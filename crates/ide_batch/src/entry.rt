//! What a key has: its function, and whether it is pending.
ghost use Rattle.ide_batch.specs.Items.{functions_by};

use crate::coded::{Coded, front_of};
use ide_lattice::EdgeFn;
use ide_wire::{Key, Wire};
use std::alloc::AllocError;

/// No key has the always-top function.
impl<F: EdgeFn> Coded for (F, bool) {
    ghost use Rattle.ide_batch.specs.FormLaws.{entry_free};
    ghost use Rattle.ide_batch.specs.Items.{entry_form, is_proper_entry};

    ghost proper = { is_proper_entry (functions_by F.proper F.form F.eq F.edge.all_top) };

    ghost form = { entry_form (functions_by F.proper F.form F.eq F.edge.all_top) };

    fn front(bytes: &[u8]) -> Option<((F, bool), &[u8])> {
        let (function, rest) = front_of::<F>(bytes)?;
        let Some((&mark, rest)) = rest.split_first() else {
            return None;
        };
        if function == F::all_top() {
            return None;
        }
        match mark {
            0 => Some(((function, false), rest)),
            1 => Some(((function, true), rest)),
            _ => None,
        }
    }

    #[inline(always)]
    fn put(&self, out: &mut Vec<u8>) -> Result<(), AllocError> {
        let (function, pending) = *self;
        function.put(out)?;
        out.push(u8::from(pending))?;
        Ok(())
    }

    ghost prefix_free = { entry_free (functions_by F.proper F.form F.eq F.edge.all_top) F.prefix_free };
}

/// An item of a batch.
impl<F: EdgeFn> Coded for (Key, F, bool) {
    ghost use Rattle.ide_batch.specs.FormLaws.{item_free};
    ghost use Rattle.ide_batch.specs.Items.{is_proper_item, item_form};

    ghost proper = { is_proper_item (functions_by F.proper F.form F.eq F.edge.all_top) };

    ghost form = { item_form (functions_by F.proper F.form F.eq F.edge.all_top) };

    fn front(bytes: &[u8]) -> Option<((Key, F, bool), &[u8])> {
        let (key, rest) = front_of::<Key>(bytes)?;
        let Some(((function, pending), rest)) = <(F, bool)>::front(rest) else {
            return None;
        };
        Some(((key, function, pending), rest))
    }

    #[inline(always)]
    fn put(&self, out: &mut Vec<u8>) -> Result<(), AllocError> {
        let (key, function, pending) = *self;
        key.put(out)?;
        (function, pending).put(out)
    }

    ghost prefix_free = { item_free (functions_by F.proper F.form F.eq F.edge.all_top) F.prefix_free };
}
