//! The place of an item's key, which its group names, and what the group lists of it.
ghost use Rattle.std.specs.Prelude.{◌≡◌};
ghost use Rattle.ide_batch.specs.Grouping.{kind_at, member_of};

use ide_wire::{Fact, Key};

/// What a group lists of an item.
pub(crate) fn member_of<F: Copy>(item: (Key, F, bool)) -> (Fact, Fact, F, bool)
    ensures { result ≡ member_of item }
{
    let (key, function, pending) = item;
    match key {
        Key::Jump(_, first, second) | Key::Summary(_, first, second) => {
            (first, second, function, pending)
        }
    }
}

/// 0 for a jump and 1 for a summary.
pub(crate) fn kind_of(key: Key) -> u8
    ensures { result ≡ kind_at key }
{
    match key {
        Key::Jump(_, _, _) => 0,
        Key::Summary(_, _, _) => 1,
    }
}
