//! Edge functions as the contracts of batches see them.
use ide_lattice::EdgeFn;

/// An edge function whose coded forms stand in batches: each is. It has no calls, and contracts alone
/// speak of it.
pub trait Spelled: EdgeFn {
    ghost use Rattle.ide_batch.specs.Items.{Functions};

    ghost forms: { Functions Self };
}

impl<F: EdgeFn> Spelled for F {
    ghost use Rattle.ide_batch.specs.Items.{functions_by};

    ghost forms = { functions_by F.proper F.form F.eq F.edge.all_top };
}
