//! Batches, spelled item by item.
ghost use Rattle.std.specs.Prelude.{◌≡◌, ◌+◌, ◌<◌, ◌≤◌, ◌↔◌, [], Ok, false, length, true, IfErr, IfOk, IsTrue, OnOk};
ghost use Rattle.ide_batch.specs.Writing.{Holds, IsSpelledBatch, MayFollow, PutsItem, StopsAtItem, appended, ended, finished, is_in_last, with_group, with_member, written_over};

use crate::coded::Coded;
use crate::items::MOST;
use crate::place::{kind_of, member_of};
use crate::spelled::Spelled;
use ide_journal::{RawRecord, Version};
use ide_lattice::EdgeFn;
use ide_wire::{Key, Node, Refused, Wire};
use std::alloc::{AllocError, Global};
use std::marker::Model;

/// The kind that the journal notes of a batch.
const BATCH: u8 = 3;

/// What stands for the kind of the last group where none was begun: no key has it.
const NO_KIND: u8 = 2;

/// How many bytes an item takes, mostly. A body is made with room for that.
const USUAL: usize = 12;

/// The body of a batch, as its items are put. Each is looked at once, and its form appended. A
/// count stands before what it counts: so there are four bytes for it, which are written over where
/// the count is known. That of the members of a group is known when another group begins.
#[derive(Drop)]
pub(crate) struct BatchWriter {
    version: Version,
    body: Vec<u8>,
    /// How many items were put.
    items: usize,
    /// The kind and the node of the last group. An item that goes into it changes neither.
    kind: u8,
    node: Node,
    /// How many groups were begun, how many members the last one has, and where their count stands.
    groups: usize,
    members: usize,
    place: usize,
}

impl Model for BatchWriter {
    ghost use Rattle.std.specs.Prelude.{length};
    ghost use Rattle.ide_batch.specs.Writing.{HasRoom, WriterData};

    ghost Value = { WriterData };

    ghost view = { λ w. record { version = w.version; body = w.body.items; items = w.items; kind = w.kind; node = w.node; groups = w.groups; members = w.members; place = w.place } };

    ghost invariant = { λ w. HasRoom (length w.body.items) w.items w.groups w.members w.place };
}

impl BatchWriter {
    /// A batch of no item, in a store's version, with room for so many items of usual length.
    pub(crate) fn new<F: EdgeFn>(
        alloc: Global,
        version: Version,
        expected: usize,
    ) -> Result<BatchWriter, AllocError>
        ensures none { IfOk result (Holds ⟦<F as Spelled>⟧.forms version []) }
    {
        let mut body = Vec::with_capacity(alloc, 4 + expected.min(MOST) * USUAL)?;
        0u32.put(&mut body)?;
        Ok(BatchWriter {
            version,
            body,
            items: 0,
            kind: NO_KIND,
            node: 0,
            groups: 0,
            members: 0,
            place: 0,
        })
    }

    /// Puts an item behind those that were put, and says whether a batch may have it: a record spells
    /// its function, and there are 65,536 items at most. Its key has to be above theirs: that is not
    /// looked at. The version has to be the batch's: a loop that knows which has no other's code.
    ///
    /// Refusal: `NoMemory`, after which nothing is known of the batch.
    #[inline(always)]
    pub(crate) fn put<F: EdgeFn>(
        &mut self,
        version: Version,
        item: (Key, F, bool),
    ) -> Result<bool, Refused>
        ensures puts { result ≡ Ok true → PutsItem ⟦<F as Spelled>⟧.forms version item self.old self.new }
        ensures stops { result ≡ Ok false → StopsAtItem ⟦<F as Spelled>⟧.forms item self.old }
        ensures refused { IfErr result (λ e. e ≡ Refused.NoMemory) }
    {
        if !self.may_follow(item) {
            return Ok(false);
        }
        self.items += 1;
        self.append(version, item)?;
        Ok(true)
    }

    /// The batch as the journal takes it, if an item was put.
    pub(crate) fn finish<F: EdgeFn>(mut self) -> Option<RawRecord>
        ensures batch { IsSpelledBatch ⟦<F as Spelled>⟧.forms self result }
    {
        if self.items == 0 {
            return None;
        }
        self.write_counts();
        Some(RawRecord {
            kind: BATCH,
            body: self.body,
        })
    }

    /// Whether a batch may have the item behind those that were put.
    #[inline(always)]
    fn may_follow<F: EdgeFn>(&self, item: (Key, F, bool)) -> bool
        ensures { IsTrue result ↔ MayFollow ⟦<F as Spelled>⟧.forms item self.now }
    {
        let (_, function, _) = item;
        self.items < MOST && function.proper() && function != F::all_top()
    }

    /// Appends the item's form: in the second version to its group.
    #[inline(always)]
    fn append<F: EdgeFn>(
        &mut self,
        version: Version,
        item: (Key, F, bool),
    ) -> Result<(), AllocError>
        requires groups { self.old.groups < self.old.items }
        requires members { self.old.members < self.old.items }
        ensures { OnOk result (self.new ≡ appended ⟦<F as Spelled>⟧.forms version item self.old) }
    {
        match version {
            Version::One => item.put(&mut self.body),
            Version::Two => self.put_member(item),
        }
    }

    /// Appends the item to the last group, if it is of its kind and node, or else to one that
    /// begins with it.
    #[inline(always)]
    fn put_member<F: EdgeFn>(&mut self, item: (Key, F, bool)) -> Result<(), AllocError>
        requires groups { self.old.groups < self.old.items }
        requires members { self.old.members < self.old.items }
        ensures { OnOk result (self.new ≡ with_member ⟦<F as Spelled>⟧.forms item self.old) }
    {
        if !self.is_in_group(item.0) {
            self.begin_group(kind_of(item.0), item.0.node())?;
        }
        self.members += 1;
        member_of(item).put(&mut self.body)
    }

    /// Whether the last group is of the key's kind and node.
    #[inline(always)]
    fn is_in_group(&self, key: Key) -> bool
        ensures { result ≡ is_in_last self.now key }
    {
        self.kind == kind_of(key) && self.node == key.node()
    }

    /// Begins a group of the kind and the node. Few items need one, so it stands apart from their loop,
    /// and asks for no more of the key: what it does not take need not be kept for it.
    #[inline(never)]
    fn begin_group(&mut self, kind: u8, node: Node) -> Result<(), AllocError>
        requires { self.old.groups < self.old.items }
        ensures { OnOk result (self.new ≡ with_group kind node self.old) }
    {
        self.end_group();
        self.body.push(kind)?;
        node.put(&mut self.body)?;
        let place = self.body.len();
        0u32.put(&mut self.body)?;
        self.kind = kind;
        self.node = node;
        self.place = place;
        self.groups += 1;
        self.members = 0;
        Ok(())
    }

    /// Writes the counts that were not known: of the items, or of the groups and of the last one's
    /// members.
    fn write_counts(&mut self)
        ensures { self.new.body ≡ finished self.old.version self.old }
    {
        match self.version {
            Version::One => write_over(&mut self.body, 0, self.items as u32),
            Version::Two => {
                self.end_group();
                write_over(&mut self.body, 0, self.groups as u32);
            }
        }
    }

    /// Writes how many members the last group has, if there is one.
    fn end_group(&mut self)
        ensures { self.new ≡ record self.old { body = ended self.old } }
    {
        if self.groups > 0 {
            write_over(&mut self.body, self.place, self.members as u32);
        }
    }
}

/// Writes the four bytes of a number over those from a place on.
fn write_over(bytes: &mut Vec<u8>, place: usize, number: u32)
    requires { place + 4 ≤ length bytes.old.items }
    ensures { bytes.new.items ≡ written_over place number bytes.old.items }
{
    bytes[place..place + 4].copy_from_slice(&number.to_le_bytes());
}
########################################
**WORK REQUEST**
Return a copy of each line in the entries that carries the string "loop".

**TASK OUTPUT**
    /// looked at. The version has to be the batch's: a loop that knows which has no other's code.
    /// Begins a group of the kind and the node. Few items need one, so it stands apart from their loop,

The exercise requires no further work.